→ Work instruction: Each line of the records that includes "examples" should be found and copied.

→ Exercise material:
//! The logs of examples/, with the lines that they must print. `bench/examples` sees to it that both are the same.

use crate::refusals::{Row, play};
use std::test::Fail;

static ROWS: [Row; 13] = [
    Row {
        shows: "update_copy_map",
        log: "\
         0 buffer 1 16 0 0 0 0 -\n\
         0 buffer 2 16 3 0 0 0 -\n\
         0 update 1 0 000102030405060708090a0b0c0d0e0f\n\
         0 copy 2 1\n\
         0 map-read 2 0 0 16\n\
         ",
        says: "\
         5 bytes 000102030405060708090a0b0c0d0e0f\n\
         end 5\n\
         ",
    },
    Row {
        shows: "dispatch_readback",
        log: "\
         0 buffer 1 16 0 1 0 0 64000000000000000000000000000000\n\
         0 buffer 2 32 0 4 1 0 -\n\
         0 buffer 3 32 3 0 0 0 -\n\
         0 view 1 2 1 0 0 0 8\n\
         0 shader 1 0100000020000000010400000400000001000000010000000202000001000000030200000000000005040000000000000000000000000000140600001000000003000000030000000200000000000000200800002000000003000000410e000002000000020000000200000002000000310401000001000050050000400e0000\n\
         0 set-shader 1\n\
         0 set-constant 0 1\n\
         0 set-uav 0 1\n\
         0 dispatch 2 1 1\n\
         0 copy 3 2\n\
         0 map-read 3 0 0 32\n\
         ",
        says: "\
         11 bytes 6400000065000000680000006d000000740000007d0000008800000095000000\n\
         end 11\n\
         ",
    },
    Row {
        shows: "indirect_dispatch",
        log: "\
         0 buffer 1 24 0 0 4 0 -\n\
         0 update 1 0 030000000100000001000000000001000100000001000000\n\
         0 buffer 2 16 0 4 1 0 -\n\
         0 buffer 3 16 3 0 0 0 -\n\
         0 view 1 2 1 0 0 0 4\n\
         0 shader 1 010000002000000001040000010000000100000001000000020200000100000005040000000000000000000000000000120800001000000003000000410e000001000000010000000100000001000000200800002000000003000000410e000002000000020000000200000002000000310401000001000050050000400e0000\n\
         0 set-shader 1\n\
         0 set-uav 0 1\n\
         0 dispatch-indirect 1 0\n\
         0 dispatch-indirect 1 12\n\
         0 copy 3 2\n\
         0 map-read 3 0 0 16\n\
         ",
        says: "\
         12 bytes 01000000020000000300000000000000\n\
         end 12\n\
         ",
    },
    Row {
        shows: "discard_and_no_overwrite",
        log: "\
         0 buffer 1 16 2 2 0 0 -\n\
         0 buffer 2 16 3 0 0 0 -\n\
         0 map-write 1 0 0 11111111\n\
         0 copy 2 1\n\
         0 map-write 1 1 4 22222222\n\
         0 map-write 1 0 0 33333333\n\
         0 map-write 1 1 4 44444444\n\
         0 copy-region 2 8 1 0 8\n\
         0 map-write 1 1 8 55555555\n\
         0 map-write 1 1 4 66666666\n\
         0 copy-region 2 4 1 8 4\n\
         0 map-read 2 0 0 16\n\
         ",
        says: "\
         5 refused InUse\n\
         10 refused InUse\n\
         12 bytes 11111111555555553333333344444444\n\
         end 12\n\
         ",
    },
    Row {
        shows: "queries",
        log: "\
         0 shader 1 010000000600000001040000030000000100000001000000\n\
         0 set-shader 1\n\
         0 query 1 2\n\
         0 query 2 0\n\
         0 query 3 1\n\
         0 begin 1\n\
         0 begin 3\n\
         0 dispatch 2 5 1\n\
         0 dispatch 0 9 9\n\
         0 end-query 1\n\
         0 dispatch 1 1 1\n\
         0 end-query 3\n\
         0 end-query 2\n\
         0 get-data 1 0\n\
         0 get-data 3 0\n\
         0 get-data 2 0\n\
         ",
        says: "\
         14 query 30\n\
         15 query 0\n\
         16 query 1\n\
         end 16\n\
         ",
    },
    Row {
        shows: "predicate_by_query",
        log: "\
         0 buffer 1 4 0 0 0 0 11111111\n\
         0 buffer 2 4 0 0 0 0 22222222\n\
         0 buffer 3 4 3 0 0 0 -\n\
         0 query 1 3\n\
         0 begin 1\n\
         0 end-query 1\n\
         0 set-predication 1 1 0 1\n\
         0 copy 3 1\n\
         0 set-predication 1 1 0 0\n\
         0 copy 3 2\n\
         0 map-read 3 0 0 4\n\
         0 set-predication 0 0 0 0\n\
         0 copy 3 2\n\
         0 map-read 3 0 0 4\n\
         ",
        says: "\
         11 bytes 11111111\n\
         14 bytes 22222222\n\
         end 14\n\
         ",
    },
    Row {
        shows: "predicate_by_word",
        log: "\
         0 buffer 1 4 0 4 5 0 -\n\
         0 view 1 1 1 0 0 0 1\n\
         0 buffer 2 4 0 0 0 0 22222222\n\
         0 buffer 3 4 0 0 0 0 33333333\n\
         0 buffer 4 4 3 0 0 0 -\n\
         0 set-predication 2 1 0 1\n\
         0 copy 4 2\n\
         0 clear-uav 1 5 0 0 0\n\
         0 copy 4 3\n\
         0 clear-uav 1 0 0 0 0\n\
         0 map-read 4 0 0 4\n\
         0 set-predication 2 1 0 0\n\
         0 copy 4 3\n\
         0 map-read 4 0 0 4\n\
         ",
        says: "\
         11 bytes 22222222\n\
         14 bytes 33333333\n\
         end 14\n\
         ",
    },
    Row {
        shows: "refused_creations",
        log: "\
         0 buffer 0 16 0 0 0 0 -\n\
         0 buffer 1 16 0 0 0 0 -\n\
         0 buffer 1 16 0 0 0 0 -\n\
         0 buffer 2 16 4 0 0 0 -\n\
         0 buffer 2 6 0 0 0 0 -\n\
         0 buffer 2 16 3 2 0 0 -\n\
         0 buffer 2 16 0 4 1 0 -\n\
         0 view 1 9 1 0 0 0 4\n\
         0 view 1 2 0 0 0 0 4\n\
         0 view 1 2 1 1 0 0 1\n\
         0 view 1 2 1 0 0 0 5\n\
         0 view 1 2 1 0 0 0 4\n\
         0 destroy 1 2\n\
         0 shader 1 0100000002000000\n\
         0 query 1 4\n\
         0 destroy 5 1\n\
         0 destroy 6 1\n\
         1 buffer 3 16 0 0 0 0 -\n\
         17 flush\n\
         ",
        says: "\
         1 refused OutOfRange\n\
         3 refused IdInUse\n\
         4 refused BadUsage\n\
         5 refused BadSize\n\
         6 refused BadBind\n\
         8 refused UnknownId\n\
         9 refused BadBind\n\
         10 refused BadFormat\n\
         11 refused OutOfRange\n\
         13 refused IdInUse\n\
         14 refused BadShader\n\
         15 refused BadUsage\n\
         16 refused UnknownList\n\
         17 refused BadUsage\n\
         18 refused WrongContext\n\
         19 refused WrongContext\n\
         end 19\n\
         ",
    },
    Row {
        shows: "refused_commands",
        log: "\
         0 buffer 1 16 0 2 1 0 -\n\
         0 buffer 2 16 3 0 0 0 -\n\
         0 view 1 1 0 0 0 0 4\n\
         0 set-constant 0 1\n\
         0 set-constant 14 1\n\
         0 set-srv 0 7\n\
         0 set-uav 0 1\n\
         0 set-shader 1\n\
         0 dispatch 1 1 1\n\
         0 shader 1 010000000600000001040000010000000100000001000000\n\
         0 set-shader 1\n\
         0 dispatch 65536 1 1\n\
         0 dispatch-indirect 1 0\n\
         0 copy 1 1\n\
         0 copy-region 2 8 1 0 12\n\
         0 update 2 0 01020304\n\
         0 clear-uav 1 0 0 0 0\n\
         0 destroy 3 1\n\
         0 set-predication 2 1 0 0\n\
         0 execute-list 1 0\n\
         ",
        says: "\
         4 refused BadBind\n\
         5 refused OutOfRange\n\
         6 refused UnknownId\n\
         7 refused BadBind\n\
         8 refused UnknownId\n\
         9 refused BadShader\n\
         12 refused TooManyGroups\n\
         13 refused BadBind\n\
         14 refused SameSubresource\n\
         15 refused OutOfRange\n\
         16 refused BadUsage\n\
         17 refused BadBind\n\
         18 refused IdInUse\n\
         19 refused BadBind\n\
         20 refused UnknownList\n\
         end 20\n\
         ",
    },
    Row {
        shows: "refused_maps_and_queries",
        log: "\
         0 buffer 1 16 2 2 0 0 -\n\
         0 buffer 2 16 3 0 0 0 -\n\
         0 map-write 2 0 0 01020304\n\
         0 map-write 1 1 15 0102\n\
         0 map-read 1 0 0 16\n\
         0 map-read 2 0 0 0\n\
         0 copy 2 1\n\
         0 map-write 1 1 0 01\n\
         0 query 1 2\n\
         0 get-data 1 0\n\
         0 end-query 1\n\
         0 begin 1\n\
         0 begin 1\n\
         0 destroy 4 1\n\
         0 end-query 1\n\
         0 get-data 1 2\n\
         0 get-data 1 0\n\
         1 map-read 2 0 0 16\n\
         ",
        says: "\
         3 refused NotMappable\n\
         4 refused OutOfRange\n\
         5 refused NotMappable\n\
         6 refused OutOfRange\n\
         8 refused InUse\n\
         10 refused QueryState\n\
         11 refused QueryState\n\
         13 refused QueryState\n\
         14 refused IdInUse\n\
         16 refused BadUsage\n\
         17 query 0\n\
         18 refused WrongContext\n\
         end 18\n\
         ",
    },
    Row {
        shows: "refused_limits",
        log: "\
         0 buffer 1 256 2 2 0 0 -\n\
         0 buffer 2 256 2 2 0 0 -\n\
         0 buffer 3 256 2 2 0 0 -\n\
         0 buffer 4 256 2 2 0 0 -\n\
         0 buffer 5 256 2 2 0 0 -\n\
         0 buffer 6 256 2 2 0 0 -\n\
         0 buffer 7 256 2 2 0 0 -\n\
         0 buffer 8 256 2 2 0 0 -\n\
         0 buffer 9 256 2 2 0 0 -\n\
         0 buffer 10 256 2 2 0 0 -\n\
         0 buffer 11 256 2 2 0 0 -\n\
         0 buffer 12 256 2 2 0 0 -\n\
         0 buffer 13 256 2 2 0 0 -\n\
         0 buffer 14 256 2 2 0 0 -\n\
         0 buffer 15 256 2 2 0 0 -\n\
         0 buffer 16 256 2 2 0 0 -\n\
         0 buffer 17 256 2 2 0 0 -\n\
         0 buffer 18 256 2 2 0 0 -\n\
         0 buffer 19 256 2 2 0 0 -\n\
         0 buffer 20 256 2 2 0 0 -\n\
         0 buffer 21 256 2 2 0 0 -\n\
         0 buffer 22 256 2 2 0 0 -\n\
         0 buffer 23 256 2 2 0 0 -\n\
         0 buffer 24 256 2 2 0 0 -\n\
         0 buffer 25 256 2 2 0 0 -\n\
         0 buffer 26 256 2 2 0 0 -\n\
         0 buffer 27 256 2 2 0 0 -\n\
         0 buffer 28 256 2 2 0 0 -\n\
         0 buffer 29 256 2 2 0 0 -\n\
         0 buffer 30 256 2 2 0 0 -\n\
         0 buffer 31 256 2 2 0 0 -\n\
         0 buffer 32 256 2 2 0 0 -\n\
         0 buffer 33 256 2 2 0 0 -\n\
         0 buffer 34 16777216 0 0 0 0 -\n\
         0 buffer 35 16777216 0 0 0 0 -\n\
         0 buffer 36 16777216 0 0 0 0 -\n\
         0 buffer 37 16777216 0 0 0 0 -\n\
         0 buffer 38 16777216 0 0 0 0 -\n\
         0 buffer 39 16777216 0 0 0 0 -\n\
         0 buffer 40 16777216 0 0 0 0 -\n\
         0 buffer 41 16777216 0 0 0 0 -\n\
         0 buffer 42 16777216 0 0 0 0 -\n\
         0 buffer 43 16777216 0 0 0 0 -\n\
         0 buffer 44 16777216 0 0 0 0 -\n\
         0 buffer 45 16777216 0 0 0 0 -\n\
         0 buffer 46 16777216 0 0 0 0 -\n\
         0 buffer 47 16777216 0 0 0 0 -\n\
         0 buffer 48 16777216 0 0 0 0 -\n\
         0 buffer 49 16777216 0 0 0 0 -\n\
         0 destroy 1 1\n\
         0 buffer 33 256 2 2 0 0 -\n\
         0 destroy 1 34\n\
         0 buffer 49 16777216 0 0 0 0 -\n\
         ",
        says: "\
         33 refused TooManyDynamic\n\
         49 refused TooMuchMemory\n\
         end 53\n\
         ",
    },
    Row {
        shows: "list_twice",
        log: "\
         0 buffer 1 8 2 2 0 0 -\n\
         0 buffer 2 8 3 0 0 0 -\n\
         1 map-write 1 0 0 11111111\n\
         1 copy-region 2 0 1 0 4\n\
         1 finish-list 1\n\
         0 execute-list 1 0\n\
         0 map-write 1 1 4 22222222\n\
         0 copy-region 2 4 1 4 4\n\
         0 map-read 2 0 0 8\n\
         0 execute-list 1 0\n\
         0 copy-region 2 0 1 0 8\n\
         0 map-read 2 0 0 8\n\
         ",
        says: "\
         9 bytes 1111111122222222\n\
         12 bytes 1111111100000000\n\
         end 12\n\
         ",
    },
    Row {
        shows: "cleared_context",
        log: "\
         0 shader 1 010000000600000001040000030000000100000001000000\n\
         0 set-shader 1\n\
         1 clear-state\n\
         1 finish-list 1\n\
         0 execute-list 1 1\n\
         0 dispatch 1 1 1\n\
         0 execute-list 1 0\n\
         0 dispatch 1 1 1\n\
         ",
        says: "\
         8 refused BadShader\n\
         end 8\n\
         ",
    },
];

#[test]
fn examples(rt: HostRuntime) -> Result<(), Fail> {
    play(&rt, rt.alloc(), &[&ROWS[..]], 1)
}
==
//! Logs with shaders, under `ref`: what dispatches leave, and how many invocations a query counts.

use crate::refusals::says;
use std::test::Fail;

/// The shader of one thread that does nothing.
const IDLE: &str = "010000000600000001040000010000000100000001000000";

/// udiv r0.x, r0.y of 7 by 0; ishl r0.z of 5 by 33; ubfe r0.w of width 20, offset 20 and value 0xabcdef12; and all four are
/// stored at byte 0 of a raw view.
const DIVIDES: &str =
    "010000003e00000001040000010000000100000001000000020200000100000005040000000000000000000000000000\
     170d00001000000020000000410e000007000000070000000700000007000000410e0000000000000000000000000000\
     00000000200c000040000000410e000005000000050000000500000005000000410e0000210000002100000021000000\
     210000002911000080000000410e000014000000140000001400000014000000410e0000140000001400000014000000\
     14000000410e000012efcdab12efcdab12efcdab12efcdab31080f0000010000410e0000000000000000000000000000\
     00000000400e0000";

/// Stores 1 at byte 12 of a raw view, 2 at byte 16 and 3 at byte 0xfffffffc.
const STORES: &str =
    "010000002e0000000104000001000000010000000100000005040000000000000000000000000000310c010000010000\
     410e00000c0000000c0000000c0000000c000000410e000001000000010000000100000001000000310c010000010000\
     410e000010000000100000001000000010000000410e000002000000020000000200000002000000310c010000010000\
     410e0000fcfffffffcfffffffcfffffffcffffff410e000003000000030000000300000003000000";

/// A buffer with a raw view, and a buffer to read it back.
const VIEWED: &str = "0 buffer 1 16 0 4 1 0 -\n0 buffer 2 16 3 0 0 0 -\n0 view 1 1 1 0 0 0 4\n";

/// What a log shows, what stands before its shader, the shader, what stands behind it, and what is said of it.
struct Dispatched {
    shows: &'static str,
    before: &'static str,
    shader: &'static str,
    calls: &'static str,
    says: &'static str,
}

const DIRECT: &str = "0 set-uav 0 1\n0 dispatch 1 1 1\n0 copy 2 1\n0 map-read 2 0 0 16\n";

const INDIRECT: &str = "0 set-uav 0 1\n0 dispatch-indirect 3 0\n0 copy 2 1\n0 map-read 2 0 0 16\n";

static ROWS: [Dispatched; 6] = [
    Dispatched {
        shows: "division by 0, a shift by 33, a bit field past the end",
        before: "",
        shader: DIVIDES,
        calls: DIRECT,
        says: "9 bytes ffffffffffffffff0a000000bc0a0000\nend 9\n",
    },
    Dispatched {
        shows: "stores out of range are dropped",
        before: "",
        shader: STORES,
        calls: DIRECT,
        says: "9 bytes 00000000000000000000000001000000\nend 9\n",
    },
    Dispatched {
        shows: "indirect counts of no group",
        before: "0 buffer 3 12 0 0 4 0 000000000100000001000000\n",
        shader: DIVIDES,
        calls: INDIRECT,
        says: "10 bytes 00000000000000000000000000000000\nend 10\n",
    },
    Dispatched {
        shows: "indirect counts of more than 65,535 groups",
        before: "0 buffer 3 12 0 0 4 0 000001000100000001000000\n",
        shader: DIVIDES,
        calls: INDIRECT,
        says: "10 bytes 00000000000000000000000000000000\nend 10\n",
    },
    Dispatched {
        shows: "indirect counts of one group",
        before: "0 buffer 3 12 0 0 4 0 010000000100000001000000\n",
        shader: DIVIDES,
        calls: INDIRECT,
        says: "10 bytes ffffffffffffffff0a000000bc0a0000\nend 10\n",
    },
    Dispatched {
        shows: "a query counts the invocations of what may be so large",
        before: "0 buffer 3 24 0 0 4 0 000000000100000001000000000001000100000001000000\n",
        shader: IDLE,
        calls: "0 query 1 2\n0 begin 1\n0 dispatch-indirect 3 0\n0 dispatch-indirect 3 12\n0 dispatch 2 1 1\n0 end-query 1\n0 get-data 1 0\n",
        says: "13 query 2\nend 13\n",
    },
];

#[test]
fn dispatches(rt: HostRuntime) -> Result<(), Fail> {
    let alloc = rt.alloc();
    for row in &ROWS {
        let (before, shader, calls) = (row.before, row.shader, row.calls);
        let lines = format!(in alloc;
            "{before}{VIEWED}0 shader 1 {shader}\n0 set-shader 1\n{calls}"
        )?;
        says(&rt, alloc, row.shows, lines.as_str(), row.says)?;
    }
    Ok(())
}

→ Answer to the problem:
//! The logs of examples/, with the lines that they must print. `bench/examples` sees to it that both are the same.
fn examples(rt: HostRuntime) -> Result<(), Fail> {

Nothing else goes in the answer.